Art, Music & Friendly Folks: Surry County’s Blue Ridge Craft Trail
Artists and crafters bring creativity and authenticity to the places they call home. Surry County and the surrounding Blue Ridge foothills are fortunate to have a collection of these folks who make our small towns more interesting.
In fall 2021, the Blue Ridge Craft Trail of Surry County debuted, linking six artists and arts organizations in Mount Airy and Elkin. As visitors travel the trail, they meet renowned artisans, discover one-of-a-kind craft and experience small-town charm.
The Blue Ridge Craft Trails are an initiative of the Blue Ridge National Heritage Area. The trails promote craft artisans, arts organizations and heritage tourism to enhance economic opportunity in 25 Western North Carolina counties.
“Surry County’s long history of craft and creativity continues today,” says Angie Chandler, executive director of the Blue Ridge National Heritage Area. “We’re excited to celebrate the Yadkin Valley region as a vibrant center for handmade crafts.”
Community art centers anchor the Surry County trail. The Foothills Arts Center and the Yadkin Valley Fiber Center, both in Elkin, hold classes in fiber arts, drawing, painting, photography and clay. The space is also home to the workshop of master luthier Joe Thrift, who builds fine violins and teaches the art of making them.
In Mount Airy, the Surry Arts Council celebrates local artists, musicians and hometown hero Andy Griffith. The main Arts Council building houses the Andy Griffith Museum and several additional exhibits. The council also operates the historic Earle Theatre, Old-Time Music Heritage Hall and Blackmon Amphitheatre.
“A visitor can experience visual arts. They can experience excellence in crafts. They can experience excellence in our local music heritage and wine and beer and great food,” says Tanya Jones, executive director of the Surry Arts Council. “We really are focusing on quality experiences.”

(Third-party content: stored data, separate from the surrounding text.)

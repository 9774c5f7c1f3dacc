//! The runtime's clock.

ghost use Rattle.std.specs.Prelude.{◌≡◌, IfErr};

use jm_base::Refusal;
use jm_dest::Moment;
use std::time::{Clock, Duration, Instant, SystemTime};

/// The moment now: the milliseconds since 1970. `OutOfRange` where the clock is not read, or reads an earlier time, or one
/// past 9,223,372,036,854,775,807.
pub(crate) fn moment<R: Clock>(rt: &R) -> Result<Moment, Refusal>
    ensures { IfErr result (λ refusal. refusal ≡ Refusal.OutOfRange) }
{
    let Ok(now) = SystemTime::now(rt) else {
        return Err(Refusal::OutOfRange);
    };
    let Ok(since) = now.duration_since(SystemTime::UNIX_EPOCH) else {
        return Err(Refusal::OutOfRange);
    };
    match i64::try_from(since.as_millis()) {
        Ok(milliseconds) => Moment::new(milliseconds),
        Err(_) => Err(Refusal::OutOfRange),
    }
}

/// A wait that ends.
#[derive(Clone, Copy)]
pub(crate) struct Timer {
    start: Instant,
    timeout: Duration,
}

impl Timer {
    /// A wait of that length from now on. `OutOfRange` where the clock is not read.
    pub(crate) fn new<R: Clock>(rt: &R, timeout: Duration) -> Result<Timer, Refusal>
        ensures { IfErr result (λ refusal. refusal ≡ Refusal.OutOfRange) }
    {
        match Instant::now(rt) {
            Ok(start) => Ok(Timer { start, timeout }),
            Err(_) => Err(Refusal::OutOfRange),
        }
    }

    /// How long it still lasts: none where it is over, or where the clock is not read.
    pub(crate) fn left<R: Clock>(&self, rt: &R) -> Option<Duration> {
        let elapsed = self.start.elapsed(rt).ok()?;
        let left = self.timeout.checked_sub(elapsed)?;
        if left.is_zero() { None } else { Some(left) }
    }
}
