use crate::field::Field;
use jm_base::Str;
use std::alloc::AllocError;

/// Why a field of a scenario, or of one of its calls, cannot be read.
#[derive(Debug, PartialEq, Drop)]
pub enum Misfit {
    /// The field is missing, of the wrong type, or out of its range.
    Shape(Field),
    /// A field of that name is not known there.
    Unknown(Str),
    /// A number is no whole number of 64 bits.
    Floating,
    /// A request for memory was refused.
    Memory,
}

impl From<AllocError> for Misfit {
    ghost use Rattle.std.specs.Prelude.{◌≡◌};
    ghost use Rattle.jm_fields.specs.declared.misfit.Misfit.TheVariants.{Memory};

    ghost from_gives = { λ _ misfit. misfit ≡ Memory };

    fn from(_: AllocError) -> Misfit {
        Misfit::Memory
    }
}
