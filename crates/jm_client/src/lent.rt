//! Listeners that are lent their session.

ghost use Rattle.std.specs.Prelude.{Result};
ghost use Rattle.jm_machine.specs.declared.answer.Delivery.{Delivery};

use crate::backend::Backend;
use crate::session::Session;
use jm_listener::{After, Listener, ListenerFault};
use jm_machine::Delivery;
use std::sync::Wait;
use std::time::Clock;

/// Handles the messages of a consumer, one after another, and is lent their session meanwhile: it may send in it, and what it
/// sends in a transaction is published by the commit that it names (ours).
pub trait SessionListener<R: Wait + Clock, B: Backend> {
    ghost use Rattle.jm_listener.specs.declared.listener.After.{After};
    ghost use Rattle.jm_listener.specs.declared.listener.ListenerFault.{ListenerFault};
    ghost use Rattle.jm_tx.specs.declared.buffer.Buffer.{Buffer};

    /// What it, and what waits in the session, may be after a message that it answered so; by default anything.
    ghost handles_in: { Self → Buffer → Delivery → Result After ListenerFault → Self → Buffer → Type 0 } = { λ _ _ _ _ _ _. Unit {0} };

    /// Handles a message of the session, and names what is called then. A failure is told to the provider with the end of the
    /// delivery, and nothing is called then; what was sent in the session is sent.
    fn on_session_message(
        &mut self,
        session: &mut Session<'_, R, B>,
        delivery: &Delivery,
    ) -> Result<After, ListenerFault>
        ensures { handles_in self.old session.old delivery.now result self.new session.new };
}

impl<R: Wait + Clock, B: Backend, N: Listener> SessionListener<R, B> for N {
    ghost use Rattle.std.specs.Prelude.{◌≡◌};

    ghost handles_in = { λ old before delivery answer new after. N.handles old delivery answer new × (after ≡ before) };

    fn on_session_message(
        &mut self,
        _session: &mut Session<'_, R, B>,
        delivery: &Delivery,
    ) -> Result<After, ListenerFault> {
        self.on_message(delivery)
    }
}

John Furches Gallery in Elkin shows off the artist’s watercolor renditions of the natural world. Through etching, printmaking and watercolor, Furches transfers the natural world he experiences around him — birds, wildflowers, rolling landscapes — into pieces of art. His wife, Shirley, assists him with the prints and runs the frame shop.
“The benefit of the Blue Ridge Craft Trails is twofold,” Furches says. “The trails add interest, things for visitors to do and see, and they also help artists and craftspeople make a living doing what they love. There are lots of super-talented people in this area who have a lot to offer the public.”

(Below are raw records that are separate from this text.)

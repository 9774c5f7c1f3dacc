//! Sessions.

ghost use Rattle.std.specs.Prelude.{◌≡◌, ◌⊎◌, [], false, true, IfOk, IfErr, OnErr, OnOk, MatchResult, Ok, Err, IsTrue, if◌then◌else◌};
ghost use Rattle.std.specs.Option.{option_copied};
ghost use Rattle.jm_base.specs.declared.refusal.Refusal.TheVariants.{BadName, Memory};
ghost use Rattle.jm_client.specs.Told.{Answers, RefusesNew, Told, done_reply};
ghost use Rattle.jm_client.specs.Sends.{Sends};
ghost use Rattle.jm_dest.specs.Names.{is_name};
ghost use Rattle.jm_error.specs.Refused.{bare};
ghost use Rattle.jm_header.specs.declared.body.Body.TheVariants.{Bytes, Text};
ghost use Rattle.jm_header.specs.Headers.{defaults};
ghost use Rattle.jm_machine.specs.declared.answer.Answer.TheVariants.{Done};
ghost use Rattle.jm_machine.specs.declared.call.Call.TheVariants.{Ask, Commit};
ghost use Rattle.jm_machine.specs.declared.call.Request.TheVariants.{Acknowledge, CloseSession, CreateConsumer, CreateDurable, CreateShared, CreateSharedDurable, Recover, Rollback, Unsubscribe};
ghost use Rattle.jm_machine.specs.declared.call.Who.TheVariants.{Session as BySession};
ghost use Rattle.jm_tx.specs.Buffers.{new_buffer};

use crate::backend::Backend;
use crate::consumer::Consumer;
use crate::plain::Plain;
use crate::provider::{NotCommitted, Provider};
use crate::texts::{copied_text, subscription_named};
use jm_base::Mode;
use jm_core::{Request, Who};
use jm_dest::{Destination, SessionId};
use jm_error::{Error, passed_on};
use jm_header::{Draft, Sender};
use jm_keep::NoKeep;
use jm_tx::{Sent, SessionHalf};
use std::marker::Model;
use std::sync::Wait;
use std::time::Clock;

/// A session, which one thread calls, and which closes as it is dropped, with its consumers. It keeps what is sent in a
/// transaction until the commit. Contracts see what it has sent, and what waits: a `Buffer`.
pub struct Session<'p, R: Wait + Clock, B: Backend = Plain<NoKeep>> {
    pub(crate) provider: &'p Provider<'p, R, B>,
    pub(crate) id: SessionId,
    half: SessionHalf,
}

impl<'p, R: Wait + Clock, B: Backend> Model for Session<'p, R, B> {
    ghost use Rattle.std.specs.Prelude.{◌≡◌};
    ghost use Rattle.jm_tx.specs.declared.buffer.Buffer.{Buffer};

    ghost Value = { Buffer };

    ghost view = { λ s. s.half };

    ghost invariant = { λ s. s.half.sender.session ≡ s.id };
}

/// Closes the session.
fn end<R: Wait + Clock, B: Backend>(
    provider: &Provider<'_, R, B>,
    id: SessionId,
) -> Result<(), Error>
    ensures { Answers (BySession id) CloseSession result }
{
    provider.ask_plain(Who::Session(id), Request::CloseSession)
}

impl<'p, R: Wait + Clock, B: Backend> Drop for Session<'p, R, B> {
    fn drop(self) {
        let Session {
            provider,
            id,
            half: _half,
        } = self;
        let _ = end(provider, id);
    }
}
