//! Waiting for a consumer's next message.

ghost use Rattle.std.specs.Prelude.{◌≡◌, ◌⊎◌, Err};
ghost use Rattle.jm_base.specs.declared.refusal.Refusal.TheVariants.{OutOfRange};
ghost use Rattle.jm_client.specs.Told.{Asks};
ghost use Rattle.jm_error.specs.Refused.{bare};

use crate::backend::Backend;
use crate::provider::Provider;
use crate::shared::Way;
use crate::time::Timer;
use jm_core::Delivery;
use jm_dest::{ConsumerId, SessionId};
use jm_error::Error;
use std::sync::{CondvarTimeouts, Wait, WaitMethods};
use std::time::{Clock, Duration};

/// A wait looks again after so many milliseconds at the latest: what is held back comes due with no call that would wake it
/// (ours).
const LOOK_AGAIN: u64 = 20;

impl<'r, R: Wait + Clock, B: Backend> Provider<'r, R, B> {
    /// The next message of the session's consumer, or none where none came within the timeout, which may be zero. It looks
    /// again whenever another call may have brought a message, and 50 times a second. `OutOfRange` where the clock is not
    /// read, and the refusals of the request; then no message was taken.
    pub(crate) fn await_message(
        &self,
        way: Way,
        session: &SessionId,
        consumer: ConsumerId,
        timeout: Duration,
    ) -> Result<Option<Delivery>, Error>
        ensures { (result ≡ Err (bare OutOfRange)) ⊎ Asks way session.now consumer result }
    {
        let timer = Timer::new(self.rt, timeout)?;
        let mut guard = self.shared.lock(self.rt);
        for _ in self.rt.forever() {
            let now = self.now()?;
            let delivery = guard.ask_message(way, *session, consumer, now)?;
            if delivery.is_some() {
                return Ok(delivery);
            }
            let Some(left) = timer.left(self.rt) else {
                return Ok(delivery);
            };
            let nap = left.min(Duration::from_millis(LOOK_AGAIN));
            let (again, _) = self.changed.wait_timeout(self.rt, guard, nap);
            guard = again;
        }
        unreachable!()
    }
}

Just up the street from Furches’ gallery, The November Room brings together multiple artists’ work in an emporium-style space. Shop for home decor, specialty clothing, jewelry, and gourmet foodstuffs such as honey and tea.
A few steps farther along Elkin’s Main Street is Yadkin Valley Quilts. Crafters will find supplies and inspiration for all sorts of fiber projects. Finished quilts by local artists are also sold in the shop.
“A lot of visitors want a souvenir to remember the area,” Furches says. “If they can find a nice etching or piece of pottery or something like that to take home, it really reminds them of the trip and might make them want to visit again.”